Detailed Procedure of Southern Blotting
a. Restriction Digestion of DNA
- Approximately 10 µg of extracted genomic DNA is digested with the appropriate restriction enzyme in a microcentrifuge tube.
- The tube is incubated overnight at 37°C.
- Optionally, the tubes may be heated in a water bath at 65°C for 20 minutes after incubation to denature the restriction enzymes.
- 10 µl of DNA sample buffer is added to the tubes, and the mixture is prepared for agarose gel electrophoresis.
b. Agarose Gel Electrophoresis
- The percentage and size of the agarose gel are determined based on the size range of the DNA fragments to be separated.
- The gel cast is prepared with a comb to form wells for sample loading. The gel solution is slowly poured into the cast and allowed to set.
- Once set, the comb is removed, and the gel is placed in the electrophoresis tank.
- Running buffer (often containing ethidium bromide for visualization) is added to the tank, ensuring the gel is fully covered.
- Samples are prepared by adding loading buffer and carefully pipetted into the wells.
- The tank is connected to the power supply and allowed to run, typically overnight.
c.
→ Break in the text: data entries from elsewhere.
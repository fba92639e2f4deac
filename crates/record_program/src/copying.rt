//! A copy of the files of a database, for whoever can't hold the files themselves.
ghost use Rattle.std.specs.Prelude.{◌≡◌};
ghost use Rattle.record_program.specs.Copying as spec;

use crate::head::LOG_HEADER;
use crate::look::log_name;
use job_record::RecordFault;
use sqlite::{Error, ErrorCode};
use std::io::Read;
use std::os::unix::fs::{DirBuilderExt, PermissionsExt};
use std::rt::{Env, Files};
use std::{env, fs, io};

/// How many folders are tried, of which others may have some.
const MOST_NAMES: u32 = 10_000;

/// How often the files are copied, if their log is begun anew meanwhile.
const MOST_TRIES: u32 = 5;

/// What the files of a copy may be used for: their owner reads and writes them.
const OWNERS: u32 = 0o600;

/// Files in a folder of their own, which nobody else may look into.
#[derive(Drop)]
pub struct CopiedFiles {
    folder: String,
    file: String,
    log: String,
}

impl CopiedFiles {
    pub fn file(&self) -> &str {
        self.file.as_str()
    }

    /// Removes the files. Those that are open stay so until they are let go.
    pub fn remove<R: Files>(&self, rt: &R) {
        let _file = fs::remove_file(rt, self.file.as_str());
        let _log = fs::remove_file(rt, self.log.as_str());
        let _folder = fs::remove_dir(rt, self.folder.as_str());
    }
}

/// Whether a record could be looked at in a copy: another holds its file, or it may not be written.
pub fn may_be_copied(fault: &RecordFault) -> bool
    ensures { result ≡ spec.may_be_copied fault.now }
{
    is_unwritable(fault)
        || matches!(
            fault,
            RecordFault::Store(Error::SqliteFailure(ErrorCode::DatabaseBusy))
        )
}

/// Whether the file of a record could not be opened to be read and written, or made.
pub fn is_unwritable(fault: &RecordFault) -> bool
    ensures { result ≡ spec.is_unwritable fault.now }
{
    matches!(
        fault,
        RecordFault::Store(Error::SqliteFailure(ErrorCode::CannotOpen))
    )
}

/// Copies the files of a database as they are now. Only a file is read: a pipe would be waited for.
pub fn copied<R: AllocGlobal + Files + Env>(rt: &R, file: &str) -> io::Result<CopiedFiles> {
    if !fs::metadata(rt, file)?.is_file() {
        return Err(io::ErrorKind::InvalidInput.into());
    }
    let folder = new_folder(rt)?;
    let copy = copy_in(rt, folder)?;
    match fill(rt, file, &copy) {
        Ok(()) => Ok(copy),
        Err(error) => {
            copy.remove(rt);
            Err(error)
        }
    }
}

fn copy_in<R: AllocGlobal>(rt: &R, folder: String) -> io::Result<CopiedFiles> {
    Ok(CopiedFiles {
        file: format!(in rt.alloc(); "{folder}/jobs.db")?,
        log: format!(in rt.alloc(); "{folder}/jobs.db-wal")?,
        folder,
    })
}

// Makes a folder among those for temporary files.
fn new_folder<R: AllocGlobal + Files + Env>(rt: &R) -> io::Result<String> {
    let place = env::temp_dir(rt)?;
    for number in 0..MOST_NAMES {
        let folder = format!(in rt.alloc(); "{}/deparohi-record-{number}", place.as_str())?;
        match fs::DirBuilder::new()
            .mode(0o700)
            .create(rt, folder.as_str())
        {
            Ok(()) => return Ok(folder),
            Err(error) if error.kind() == io::ErrorKind::AlreadyExists => {}
            Err(error) => return Err(error),
        }
    }
    Err(io::ErrorKind::AlreadyExists.into())
}

// A run commits to its log alone, until it writes the log into the file and begins it anew. If the log begins as it did, all that the run
// had committed is in the two copies: the file first, since what is written into it is in the log still.
fn fill<R: AllocGlobal + Files>(rt: &R, file: &str, copy: &CopiedFiles) -> io::Result<()> {
    let log = log_of(rt, file)?;
    for _ in 0..MOST_TRIES {
        let begun = beginning(rt, log.as_str())?;
        copy_file(rt, file, copy.file.as_str())?;
        if begun.is_some() {
            copy_file(rt, log.as_str(), copy.log.as_str())?;
        }
        if begun == beginning(rt, log.as_str())? {
            return Ok(());
        }
    }
    Err(io::ErrorKind::ResourceBusy.into())
}

// The copy of a file that may not be written can be.
fn copy_file<R: Files>(rt: &R, from: &str, to: &str) -> io::Result<()> {
    fs::copy(rt, from, to)?;
    fs::set_permissions(rt, to, fs::Permissions::from_mode(OWNERS))
}

fn log_of<R: AllocGlobal + Files>(rt: &R, file: &str) -> io::Result<String> {
    match log_name(rt, file) {
        Ok(log) => Ok(log),
        Err(_) => Err(io::ErrorKind::NotFound.into()),
    }
}

// The header of a log, if there is one.
fn beginning<R: AllocGlobal + Files>(rt: &R, log: &str) -> io::Result<Option<[u8; LOG_HEADER]>> {
    let mut bytes = [0; LOG_HEADER];
    match fs::File::open(rt, log) {
        Ok(mut opened) => {
            let _count = opened.read(&mut bytes)?;
            Ok(Some(bytes))
        }
        Err(error) if error.kind() == io::ErrorKind::NotFound => Ok(None),
        Err(error) => Err(error),
    }
}
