//! The record of a file of the real runtime, and what is left of it.
ghost use Rattle.std.specs.Prelude.{◌≡◌};
ghost use Rattle.sqlite.specs.Files.{file_state};
ghost use Rattle.sqlite.specs.State.{HasCleanDisk};
ghost use Rattle.job_record.specs.Rows.{HoldsWithin};

use job_record::JobRecord;
use job_rows::{Record, RecordError, Row};
use plain_data::{Items, Text};
use sqlite::{Connection, File, FileStore, Files};

/// The record of a file. It is a type with no parameter, so that a caller does not prove again what each of its parts is.
pub struct FileRecord {
    pub(crate) rows: JobRecord<FileStore<File>>,
}

impl FileRecord {
    /// The database that holds it.
    pub(crate) fn into_connection(self) -> Connection<FileStore<File>>
        ensures { result ≡ self.rows.conn }
    {
        let FileRecord { rows } = self;
        rows.into_connection()
    }
}

impl Drop for FileRecord {
    fn drop(self) {
        let FileRecord { rows: _ } = self;
    }
}

impl Record for FileRecord {
    ghost log = { λ kept. kept.rows.log.items };

    ghost is_sound = { λ kept. HasCleanDisk (file_state kept.rows.conn) };

    ghost holds = { λ kept map. HoldsWithin (file_state kept.rows.conn) kept.rows.space map };

    fn find(&mut self, key: &Text) -> Result<Option<Row>, RecordError> {
        Record::find(&mut self.rows, key)
    }

    fn put(&mut self, row: &Row) -> Result<Items<Text>, RecordError> {
        Record::put(&mut self.rows, row)
    }

    fn touch(&mut self, key: &Text) -> Result<(), RecordError> {
        Record::touch(&mut self.rows, key)
    }

    fn drop_archive(&mut self, key: &Text) -> Result<(), RecordError> {
        Record::drop_archive(&mut self.rows, key)
    }
}

/// What is left of the record of a file once it was closed: its two files, or the store if that could not be closed.
pub struct FileLeft {
    pub(crate) left: Result<Files<File>, FileStore<File>>,
}

impl Drop for FileLeft {
    fn drop(self) {
        let FileLeft { left: _ } = self;
    }
}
Denaturation and Neutralization
- The gel is removed from the electrophoresis apparatus and placed in a glass tray containing 500 ml of denaturation buffer (1.5 M NaCl and 0.5 M NaOH) for 45 minutes at room temperature. This step separates the dsDNA into ssDNA.
- The denaturation buffer is poured off and replaced with a neutralization buffer.
- The gel is allowed to soak for 1 hour while slowly rotating on a platform rotator.
d. Blotting (Transfer)
The DNA is transferred from the gel to the membrane using capillary action:
- An oblong sponge, slightly larger than the gel, is placed on a glass dish filled with SSC buffer, leaving the sponge about half-submerged.
- Three pieces of Whatman 3mm paper, cut to the size of the sponge, are placed on the sponge and thoroughly wetted with SSC.
- The gel is placed on the filter paper. A glass pipette is rolled over the surface to remove any trapped air bubbles.
- A nylon membrane, sized just large enough to cover the gel surface, is placed on top of the gel. The membrane is further flooded with SSC.
- Several sheets of dry filter paper are placed on top of the membrane.
- Finally, a glass plate is laid on top of the structure to apply pressure and hold everything in place. The DNA transfer is allowed to occur overnight.
e. Baking and Immobilization
- The nylon membrane is removed from the blotting structure.
- The DNA strands on the membrane are immobilized by attaching the membrane to a vacuum or regular oven at 80°C for 2–3 hours.
- Alternatively, immobilization can be achieved by exposing the membrane to ultraviolet (UV) radiation.
f. Hybridization and Detection
- The membrane is exposed to the hybridization probe, which can be a DNA fragment or an RNA segment designed to detect the specific target DNA sequence.
- The probe nucleic acid is labeled (e.g., incorporating radioactivity, fluorescent, or chromogenic dyes) to enable detection.
- Conditions are carefully chosen to ensure the probe hybridizes specifically to the complementary target sequence on the membrane.
- Hybridization is followed by a washing step using a buffer to remove non-specifically bound or unbound probes, ensuring only labeled probes remain bound to the target sequence for visualization.